══ RECORDS PROVIDED

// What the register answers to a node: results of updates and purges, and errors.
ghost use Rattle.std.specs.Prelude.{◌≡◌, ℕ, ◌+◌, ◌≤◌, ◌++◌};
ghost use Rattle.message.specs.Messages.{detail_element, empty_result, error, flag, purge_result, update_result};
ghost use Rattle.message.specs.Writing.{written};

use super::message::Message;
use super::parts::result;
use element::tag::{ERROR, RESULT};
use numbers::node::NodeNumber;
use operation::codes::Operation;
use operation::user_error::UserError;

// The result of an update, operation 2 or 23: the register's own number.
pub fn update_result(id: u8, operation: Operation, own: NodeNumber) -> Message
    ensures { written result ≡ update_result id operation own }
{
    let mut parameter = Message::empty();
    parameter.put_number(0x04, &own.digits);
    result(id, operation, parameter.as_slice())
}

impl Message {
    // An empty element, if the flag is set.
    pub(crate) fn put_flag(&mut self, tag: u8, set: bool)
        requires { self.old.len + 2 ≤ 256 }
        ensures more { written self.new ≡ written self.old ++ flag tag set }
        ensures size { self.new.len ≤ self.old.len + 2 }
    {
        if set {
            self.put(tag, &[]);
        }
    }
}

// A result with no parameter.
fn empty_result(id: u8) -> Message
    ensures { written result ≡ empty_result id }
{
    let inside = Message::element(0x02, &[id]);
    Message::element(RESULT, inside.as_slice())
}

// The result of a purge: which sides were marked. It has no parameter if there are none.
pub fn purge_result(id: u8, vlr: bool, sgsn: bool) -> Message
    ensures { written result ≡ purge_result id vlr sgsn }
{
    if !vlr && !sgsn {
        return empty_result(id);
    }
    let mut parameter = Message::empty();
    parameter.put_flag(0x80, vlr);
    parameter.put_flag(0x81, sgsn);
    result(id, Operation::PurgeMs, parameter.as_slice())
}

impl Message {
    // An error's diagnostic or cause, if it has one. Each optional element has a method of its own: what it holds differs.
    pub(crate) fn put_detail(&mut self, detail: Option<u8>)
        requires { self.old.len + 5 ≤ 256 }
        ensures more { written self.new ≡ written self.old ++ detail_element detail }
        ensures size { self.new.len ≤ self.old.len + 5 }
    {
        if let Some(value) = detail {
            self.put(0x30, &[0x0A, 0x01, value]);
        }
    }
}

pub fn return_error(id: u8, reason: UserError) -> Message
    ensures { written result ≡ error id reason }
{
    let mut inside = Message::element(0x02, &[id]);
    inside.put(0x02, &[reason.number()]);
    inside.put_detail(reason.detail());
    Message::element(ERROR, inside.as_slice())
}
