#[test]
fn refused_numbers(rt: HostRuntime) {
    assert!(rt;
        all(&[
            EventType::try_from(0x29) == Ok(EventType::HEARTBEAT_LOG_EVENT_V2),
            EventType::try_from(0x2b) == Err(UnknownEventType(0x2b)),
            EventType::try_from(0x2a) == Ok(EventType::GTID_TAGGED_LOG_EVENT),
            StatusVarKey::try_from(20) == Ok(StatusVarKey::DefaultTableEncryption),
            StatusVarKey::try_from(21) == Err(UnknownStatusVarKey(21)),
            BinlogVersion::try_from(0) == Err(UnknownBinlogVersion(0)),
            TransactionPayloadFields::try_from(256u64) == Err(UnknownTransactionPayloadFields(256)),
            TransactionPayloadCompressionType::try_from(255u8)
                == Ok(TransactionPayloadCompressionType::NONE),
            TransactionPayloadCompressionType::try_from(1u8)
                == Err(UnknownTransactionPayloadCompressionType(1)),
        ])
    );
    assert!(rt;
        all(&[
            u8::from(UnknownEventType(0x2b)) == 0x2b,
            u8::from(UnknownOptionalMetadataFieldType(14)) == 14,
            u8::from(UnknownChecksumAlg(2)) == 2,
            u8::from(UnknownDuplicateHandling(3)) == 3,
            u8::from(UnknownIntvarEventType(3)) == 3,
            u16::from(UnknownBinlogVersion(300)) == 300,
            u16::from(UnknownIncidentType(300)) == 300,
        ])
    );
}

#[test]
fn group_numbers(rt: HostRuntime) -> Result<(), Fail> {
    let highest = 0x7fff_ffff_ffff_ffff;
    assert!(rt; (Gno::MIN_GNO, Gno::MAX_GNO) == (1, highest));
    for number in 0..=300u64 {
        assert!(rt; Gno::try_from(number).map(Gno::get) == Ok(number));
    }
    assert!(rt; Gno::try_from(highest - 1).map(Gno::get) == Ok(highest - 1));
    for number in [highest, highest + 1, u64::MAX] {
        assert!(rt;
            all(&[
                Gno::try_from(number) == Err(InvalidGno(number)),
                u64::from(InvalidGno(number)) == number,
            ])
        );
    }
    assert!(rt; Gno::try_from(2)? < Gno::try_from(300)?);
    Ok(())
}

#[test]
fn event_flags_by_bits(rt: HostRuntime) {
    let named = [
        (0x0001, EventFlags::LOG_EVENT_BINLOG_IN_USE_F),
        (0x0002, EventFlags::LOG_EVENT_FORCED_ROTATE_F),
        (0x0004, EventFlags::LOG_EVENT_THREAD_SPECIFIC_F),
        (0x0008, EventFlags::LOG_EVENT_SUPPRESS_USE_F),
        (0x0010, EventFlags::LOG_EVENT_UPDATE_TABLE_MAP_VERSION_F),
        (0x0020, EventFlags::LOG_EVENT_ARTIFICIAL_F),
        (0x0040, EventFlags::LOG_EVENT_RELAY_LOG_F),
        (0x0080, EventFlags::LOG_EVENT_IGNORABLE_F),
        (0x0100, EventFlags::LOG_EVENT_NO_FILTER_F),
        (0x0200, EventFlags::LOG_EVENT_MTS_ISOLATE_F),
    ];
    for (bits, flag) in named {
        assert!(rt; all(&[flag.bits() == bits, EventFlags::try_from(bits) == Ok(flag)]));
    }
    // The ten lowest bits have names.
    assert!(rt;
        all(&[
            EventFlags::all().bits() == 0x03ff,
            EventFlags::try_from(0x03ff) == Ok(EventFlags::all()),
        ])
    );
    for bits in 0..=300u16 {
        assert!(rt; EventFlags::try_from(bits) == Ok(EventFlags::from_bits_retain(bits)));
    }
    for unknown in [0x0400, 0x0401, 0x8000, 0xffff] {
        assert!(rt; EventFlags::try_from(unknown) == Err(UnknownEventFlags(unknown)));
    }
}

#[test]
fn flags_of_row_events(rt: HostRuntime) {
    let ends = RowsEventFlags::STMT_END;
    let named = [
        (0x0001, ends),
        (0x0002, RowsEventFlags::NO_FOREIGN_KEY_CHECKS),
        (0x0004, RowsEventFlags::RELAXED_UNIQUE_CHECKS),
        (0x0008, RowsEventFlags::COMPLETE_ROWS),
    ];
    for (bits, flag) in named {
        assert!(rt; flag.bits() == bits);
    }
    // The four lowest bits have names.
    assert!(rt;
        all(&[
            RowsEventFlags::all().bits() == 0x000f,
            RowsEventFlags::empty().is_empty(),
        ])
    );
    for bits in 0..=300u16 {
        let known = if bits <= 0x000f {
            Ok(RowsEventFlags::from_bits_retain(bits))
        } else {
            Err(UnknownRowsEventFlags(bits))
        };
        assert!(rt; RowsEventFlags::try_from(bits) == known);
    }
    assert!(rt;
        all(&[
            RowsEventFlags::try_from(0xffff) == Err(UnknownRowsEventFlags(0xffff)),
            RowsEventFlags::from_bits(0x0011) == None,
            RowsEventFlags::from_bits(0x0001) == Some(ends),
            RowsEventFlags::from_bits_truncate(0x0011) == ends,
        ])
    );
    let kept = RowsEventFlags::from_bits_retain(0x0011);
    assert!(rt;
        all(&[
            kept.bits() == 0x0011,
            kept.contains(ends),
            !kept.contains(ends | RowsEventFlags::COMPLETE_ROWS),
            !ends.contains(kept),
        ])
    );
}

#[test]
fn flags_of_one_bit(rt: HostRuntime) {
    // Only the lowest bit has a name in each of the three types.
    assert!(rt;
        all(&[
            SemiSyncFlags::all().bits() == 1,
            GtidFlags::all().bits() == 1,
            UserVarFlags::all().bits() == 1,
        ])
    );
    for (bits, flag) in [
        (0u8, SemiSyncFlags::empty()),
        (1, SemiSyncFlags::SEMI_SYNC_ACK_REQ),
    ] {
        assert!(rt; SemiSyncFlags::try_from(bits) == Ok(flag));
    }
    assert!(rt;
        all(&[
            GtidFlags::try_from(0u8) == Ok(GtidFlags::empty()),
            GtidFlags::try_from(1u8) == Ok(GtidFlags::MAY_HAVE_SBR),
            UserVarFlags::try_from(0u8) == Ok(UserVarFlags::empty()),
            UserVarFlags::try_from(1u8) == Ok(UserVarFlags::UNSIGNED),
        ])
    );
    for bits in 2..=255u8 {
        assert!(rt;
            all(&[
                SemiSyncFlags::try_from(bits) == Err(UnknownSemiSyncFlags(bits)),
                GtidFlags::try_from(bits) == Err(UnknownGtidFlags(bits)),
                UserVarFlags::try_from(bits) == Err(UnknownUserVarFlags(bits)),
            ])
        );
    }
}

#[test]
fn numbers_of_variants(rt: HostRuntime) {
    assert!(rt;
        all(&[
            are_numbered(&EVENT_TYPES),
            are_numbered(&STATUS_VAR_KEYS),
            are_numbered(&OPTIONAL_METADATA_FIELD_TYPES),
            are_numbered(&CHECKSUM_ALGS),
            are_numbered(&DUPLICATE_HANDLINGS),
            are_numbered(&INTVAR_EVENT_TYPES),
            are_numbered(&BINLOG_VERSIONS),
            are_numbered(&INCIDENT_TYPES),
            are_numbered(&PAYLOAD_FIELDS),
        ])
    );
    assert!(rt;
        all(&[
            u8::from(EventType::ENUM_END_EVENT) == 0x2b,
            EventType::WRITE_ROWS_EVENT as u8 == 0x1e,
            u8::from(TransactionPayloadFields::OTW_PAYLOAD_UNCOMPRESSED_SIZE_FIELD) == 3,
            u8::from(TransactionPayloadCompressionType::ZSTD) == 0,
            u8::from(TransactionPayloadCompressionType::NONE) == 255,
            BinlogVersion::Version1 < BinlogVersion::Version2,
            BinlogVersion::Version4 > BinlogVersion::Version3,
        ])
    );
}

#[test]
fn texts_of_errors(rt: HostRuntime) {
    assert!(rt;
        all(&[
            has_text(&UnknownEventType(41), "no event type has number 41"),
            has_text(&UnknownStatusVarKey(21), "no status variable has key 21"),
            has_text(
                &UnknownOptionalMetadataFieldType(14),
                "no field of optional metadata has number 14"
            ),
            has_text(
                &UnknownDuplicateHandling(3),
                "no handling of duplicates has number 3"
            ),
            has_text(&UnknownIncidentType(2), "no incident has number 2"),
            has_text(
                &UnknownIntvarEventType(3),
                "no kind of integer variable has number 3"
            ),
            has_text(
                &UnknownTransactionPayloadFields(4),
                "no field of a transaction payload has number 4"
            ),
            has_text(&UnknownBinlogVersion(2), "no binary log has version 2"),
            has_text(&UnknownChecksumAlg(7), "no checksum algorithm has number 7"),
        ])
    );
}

════

**INSTRUCTIONS FOR THE TASK**
Give a single number: the count of lines above that include the word "crate".

**ANSWER TO THIS PROBLEM**
2